[[ RECORD SET open ]]

impl<S: Shelf> Hub<S> {
    /// Begins a round on the shelf. Returns false if the shelf can't; then nothing has changed.
    fn begin_round(&mut self, alloc: Global) -> bool
        ensures begun { result ≡ true → (store : Store) → S.stands (hub_shelf self.old) store
            → S.has_round (hub_shelf self.old) settled
            → S.has_round (hub_shelf self.new) (since store) }
        ensures refused { result ≡ false → self.new ≡ self.old }
        ensures kept { KeepsStore S.stands (hub_shelf self.old) (hub_shelf self.new) }
        ensures honest { S.is_honest (hub_shelf self.new) → S.is_honest (hub_shelf self.old) }
        ensures other { KeepsAllButShelf self.old self.new }
    {
        self.service.shelf_mut().begin_round(alloc)
    }

    /// Ends the round that is under way on the shelf. Returns false if the shelf couldn't put its changes on the
    /// device; then none of them is made.
    fn settle(&mut self, alloc: Global) -> bool
        ensures made { result ≡ true
            → KeepsStore S.stands (hub_shelf self.old) (hub_shelf self.new) }
        ensures back { result ≡ false → (store : Store)
            → S.has_round (hub_shelf self.old) (since store)
            → S.stands (hub_shelf self.new) store }
        ensures settles { (round : Round) → S.has_round (hub_shelf self.old) round
            → S.has_round (hub_shelf self.new) settled }
        ensures honest { S.is_honest (hub_shelf self.new) → S.is_honest (hub_shelf self.old) }
        ensures other { KeepsAllButShelf self.old self.new }
    {
        self.service.shelf_mut().settle(alloc).is_ok()
    }

    /// Begins a round, and returns the piece of its first event. Returns `None` if the event brings no piece, if
    /// nothing is behind it, or if the shelf can't begin a round. Then nothing has changed.
    pub(crate) fn begin<'e>(
        &mut self,
        alloc: Global,
        first: &'e OwnedEvent,
        rest: &[OwnedEvent],
    ) -> Option<Piece<'e>>
        ensures first { IfSome result (λ piece. piece_event piece ≡ owned_event_of first.now) }
        ensures begun { IsSome result → (store : Store) → S.stands (hub_shelf self.old) store
            → S.has_round (hub_shelf self.old) settled
            → S.has_round (hub_shelf self.new) (since store) }
        ensures nothing { IsNone result → self.new ≡ self.old }
        ensures kept { KeepsStore S.stands (hub_shelf self.old) (hub_shelf self.new) }
        ensures honest { S.is_honest (hub_shelf self.new) → S.is_honest (hub_shelf self.old) }
        ensures other { KeepsAllButShelf self.old self.new }
    {
        let Some(piece) = piece_of(first) else {
            return None;
        };
        if rest.is_empty() {
            return None;
        }
        if self.begin_round(alloc) {
            Some(piece)
        } else {
            None
        }
    }

    /// Passes a piece to its connection, and answers the items that it completes. The connection isn't shut yet if
    /// a reply closes it.
    ///
    /// Fails with `Unknown` if no connection has the number, and with `Closed` if the connection is shut; then
    /// nothing has changed. After `NoMemory` the connection is shut.
    pub(crate) fn take_in(&mut self, alloc: Global, piece: &Piece<'_>) -> Result<Answered, HubFault>
        ensures taken { (connections : ℕ → Connection)
            → AreConnections self.old.connections connections
            → IsTakenIn (connections piece.now.connection) piece.now.connection
            piece.now.bytes.now connections result self.new.connections }
        ensures answered { (entries : List Entry) (store : Store)
            → Knows entries (hub_tokens self.old)
            → S.stands (hub_shelf self.old) store → S.is_honest (hub_shelf self.new)
            → IsStore (hub_base self.old) store
            → (next : Store) × S.stands (hub_shelf self.new) next
            × IsStore (hub_base self.old) next
            × ComesTo (hub_policy self.old) (hub_base self.old) entries true piece.now.stamp
            piece.now.connection result store next }
        ensures keeps { KeepsHubSetting self.old self.new }
        ensures round { KeepsRound S.has_round (hub_shelf self.old) (hub_shelf self.new) }
        ensures honest { S.is_honest (hub_shelf self.new) → S.is_honest (hub_shelf self.old) }
        ensures refused { refused_tokens_of self.new ≡ refused_tokens_of self.old }
    {
        let items = self.connections.feed(alloc, piece.connection, piece.bytes)?;
        let replies = answer_items(
            alloc,
            &self.routes,
            &mut self.service,
            Serving::Live,
            &self.tokens,
            &piece.stamp,
            piece.connection,
            items.as_slice(),
        );
        Ok(Answered { items, replies })
    }

    /// Takes in the first piece of a round, and as many of the events behind it as the round takes.
    fn gather<'e, P: Pace>(
        &mut self,
        alloc: Global,
        first: &Piece<'e>,
        rest: &'e [OwnedEvent],
        pace: &P,
        mut members: Vec<Member<'e>>,
    ) -> Vec<Member<'e>>
        requires empty { members.items ≡ [] }
        requires len { vec_len members ≡ 0 }
        requires room { length rest.now < vec_capacity members }
        ensures events { (count : ℕ) × (length result.items ≡ count + 1)
            × (map member_event result.items
            ≡ piece_event first.now ∷ map owned_event_of (take count rest.now)) }
        ensures gathered { (connections : ℕ → Connection)
            → AreConnections self.old.connections connections
            → AreGathered result.items connections self.new.connections }
        ensures answered { (entries : List Entry) (store : Store)
            → Knows entries (hub_tokens self.old)
            → S.stands (hub_shelf self.old) store → S.is_honest (hub_shelf self.new)
            → IsStore (hub_base self.old) store
            → (next : Store) × S.stands (hub_shelf self.new) next
            × IsStore (hub_base self.old) next
            × AllComeTo (hub_policy self.old) (hub_base self.old) entries true result.items
            store next }
        ensures keeps { KeepsHubSetting self.old self.new }
        ensures round { KeepsRound S.has_round (hub_shelf self.old) (hub_shelf self.new) }
        ensures honest { S.is_honest (hub_shelf self.new) → S.is_honest (hub_shelf self.old) }
        ensures refused { refused_tokens_of self.new ≡ refused_tokens_of self.old }
    {
        let taken = self.take_in(alloc, first);
        let first = Piece {
            connection: first.connection,
            stamp: first.stamp,
            bytes: first.bytes,
        };
        members
            .push(Member {
                piece: first,
                taken,
            })
            .unwrap();
        for event in rest {
            let Some(piece) = next_piece(event, members.as_slice(), pace) else {
                return members;
            };
            let taken = self.take_in(alloc, &piece);
            members.push(Member { piece, taken }).unwrap();
        }
        members
    }

    /// Shuts the connection if its replies close it or were lost, counts the messages that were refused because no
    /// client has their token, and returns the answer to the piece.
    fn finish(&mut self, connection: u64, replies: Result<Replies, NoMemory>) -> EventAnswer
        ensures result { result.result ≡ spec.result_for replies }
        ensures connections { IsFinished replies connection self.old.connections
            self.new.connections }
        ensures service { KeepsService self.old self.new }
        ensures refused { refused_tokens_of self.old ≤ refused_tokens_of self.new }
    {
        match replies {
            Ok(
                Replies {
                    outputs,
                    closed,
                    refused,
                },
            ) => {
                self.refused = self.refused.saturating_add(refused);
                if closed {
                    self.connections.shut(connection);
                }
                EventAnswer {
                    result: Ok(outputs),
                    refused,
                }
            }
            Err(NoMemory) => {
                self.connections.shut(connection);
                EventAnswer {
                    result: Err(HubFault::NoMemory),
                    refused: 0,
                }
            }
        }
    }

    /// Returns the replies of a member if its round was made. Otherwise answers its items anew, without the service.
    fn replies_of(
        &mut self,
        alloc: Global,
        made: bool,
        piece: &Piece<'_>,
        answered: Answered,
    ) -> Result<Replies, NoMemory>
        ensures replied { (entries : List Entry) (store : Store) (next : Store)
            → Knows entries (hub_tokens self.old) → S.is_honest (hub_shelf self.old)
            → ComesTo (hub_policy self.old) (hub_base self.old) entries made piece.now.stamp
            piece.now.connection (Ok answered) store next
            → AreReplies (hub_policy self.old) (hub_base self.old) entries piece.now.stamp
            piece.now.connection answered.items.items store result next }
        ensures same { self.new ≡ self.old }
    {
        let Answered { items, replies } = answered;
        if made {
            return replies;
        }
        answer_items(
            alloc,
            &self.routes,
            &mut self.service,
            Serving::Lost,
            &self.tokens,
            &piece.stamp,
            piece.connection,
            items.as_slice(),
        )
    }

    /// Returns the answer to a piece of a round that was made or wasn't, and shuts its connection if the answer
    /// says so.
    pub(crate) fn conclude(
        &mut self,
        alloc: Global,
        made: bool,
        piece: &Piece<'_>,
        taken: Result<Answered, HubFault>,
    ) -> EventAnswer
        ensures heard { (entries : List Entry) (state : HubState) (members : List IsMember)
            (next : Store)
            → Knows entries (hub_tokens self.old) → S.is_honest (hub_shelf self.old)
            → AreGathered (record { piece = piece.now; taken = taken } ∷ members)
            state.connections self.old.connections
            → ComesTo (hub_policy self.old) (hub_base self.old) entries made piece.now.stamp
            piece.now.connection taken state.store next
            → (connections : ℕ → Connection)
            × AreGathered members connections self.new.connections
            × Hears (hub_policy self.old) (hub_base self.old) entries (piece_event piece.now)
            state (result_of result)
            (record { connections = connections; store = next }) }
        ensures service { KeepsService self.old self.new }
        ensures refused { refused_tokens_of self.old ≤ refused_tokens_of self.new }
    {
        match taken {
            Ok(answered) => {
                let replies = self.replies_of(alloc, made, piece, answered);
                self.finish(piece.connection, replies)
            }
            Err(fault) => EventAnswer {
                result: Err(fault),
                refused: 0,
            },
        }
    }

    /// Returns the answers to the members of a round that was made or wasn't, in order.
    fn conclude_all(
        &mut self,
        alloc: Global,
        made: bool,
        members: Vec<Member<'_>>,
        mut answers: Vec<EventAnswer>,
    ) -> Vec<EventAnswer>
        requires empty { answers.items ≡ [] }
        requires len { vec_len answers ≡ 0 }
        requires room { length members.items ≤ vec_capacity answers }
        ensures len { length result.items ≡ length members.entry.items }
        ensures ran { (entries : List Entry) (state : HubState) (next : Store)
            → Knows entries (hub_tokens self.old) → S.is_honest (hub_shelf self.old)
            → AreGathered members.entry.items state.connections self.old.connections
            → AllComeTo (hub_policy self.old) (hub_base self.old) entries made
            members.entry.items state.store next
            → (connections : ℕ → Connection)
            × AreConnections self.new.connections connections
            × Runs (hub_policy self.old) (hub_base self.old) entries state
            (map member_event members.entry.items) (map result_of result.items)
            (record { connections = connections; store = next }) }
        ensures service { KeepsService self.old self.new }
        ensures refused { refused_tokens_of self.old ≤ refused_tokens_of self.new }
    {
        for member in members {
            let Member { piece, taken } = member;
            let answer = self.conclude(alloc, made, &piece, taken);
            answers.push(answer).unwrap();
        }
        answers
    }

    /// Handles the first piece of a round that was begun, and as many of the events behind it as the round takes,
    /// and returns the answer to each. If the shelf can't put their changes on its device, each request that reached
    /// the service is refused.
    pub(crate) fn together<'e, P: Pace>(
        &mut self,
        alloc: Global,
        first: &Piece<'e>,
        rest: &'e [OwnedEvent],
        pace: &P,
        members: Vec<Member<'e>>,
        answers: Vec<EventAnswer>,
    ) -> Vec<EventAnswer>
        requires empty { (members.items ≡ []) × (answers.items ≡ []) }
        requires len { (vec_len members ≡ 0) × (vec_len answers ≡ 0) }
        requires room { (length rest.now < vec_capacity members)
            × (length rest.now < vec_capacity answers) }
        ensures some { 0 < length result.items }
        ensures ran { (entries : List Entry) (state : HubState)
            → Knows entries (hub_tokens self.old) → IsHubState S.stands self.old state
            → S.has_round (hub_shelf self.old) (since state.store)
            → S.is_honest (hub_shelf self.new)
            → (next : HubState) × IsHubState S.stands self.new next
            × Runs (hub_policy self.old) (hub_base self.old) entries state
            (take (length result.items)
            (piece_event first.now ∷ map owned_event_of rest.now))
            (map result_of result.items) next }
        ensures settled { (round : Round) → S.has_round (hub_shelf self.old) round
            → S.has_round (hub_shelf self.new) settled }
        ensures keeps { KeepsHubSetting self.old self.new }
        ensures honest { S.is_honest (hub_shelf self.new) → S.is_honest (hub_shelf self.old) }
        ensures refused { refused_tokens_of self.old ≤ refused_tokens_of self.new }
    {
        let members = self.gather(alloc, first, rest, pace, members);
        let made = self.settle(alloc);
        self.conclude_all(alloc, made, members, answers)
    }

    /// Handles one event outside a round, and returns the answer to it.
    pub(crate) fn alone(&mut self, alloc: Global, event: &OwnedEvent) -> EventAnswer
        ensures keeps { KeepsHubSetting self.old self.new }
        ensures heard { (entries : List Entry) (state : HubState)
            → Knows entries (hub_tokens self.old)
            → IsHubState S.stands self.old state → S.is_honest (hub_shelf self.new)
            → (next : HubState) × IsHubState S.stands self.new next
            × Hears (hub_policy self.old) (hub_base self.old) entries (owned_event_of event.now)
            state (result_of result) next }
        ensures round { KeepsRound S.has_round (hub_shelf self.old) (hub_shelf self.new) }
        ensures honest { S.is_honest (hub_shelf self.new) → S.is_honest (hub_shelf self.old) }
        ensures refused { refused_tokens_of self.old ≤ refused_tokens_of self.new }
    {
        let refused = self.refused;
        let result = self.event(alloc, &event.event());
        EventAnswer {
            result,
            refused: self.refused - refused,
        }
    }
}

[[ RECORD SET closed ]]

Each line from the first line of the entries up to and including the line containing "false → self.new" should be transcribed exactly, with all other lines left out.

## TASK RESPONSE
impl<S: Shelf> Hub<S> {
    /// Begins a round on the shelf. Returns false if the shelf can't; then nothing has changed.
    fn begin_round(&mut self, alloc: Global) -> bool
        ensures begun { result ≡ true → (store : Store) → S.stands (hub_shelf self.old) store
            → S.has_round (hub_shelf self.old) settled
            → S.has_round (hub_shelf self.new) (since store) }
        ensures refused { result ≡ false → self.new ≡ self.old }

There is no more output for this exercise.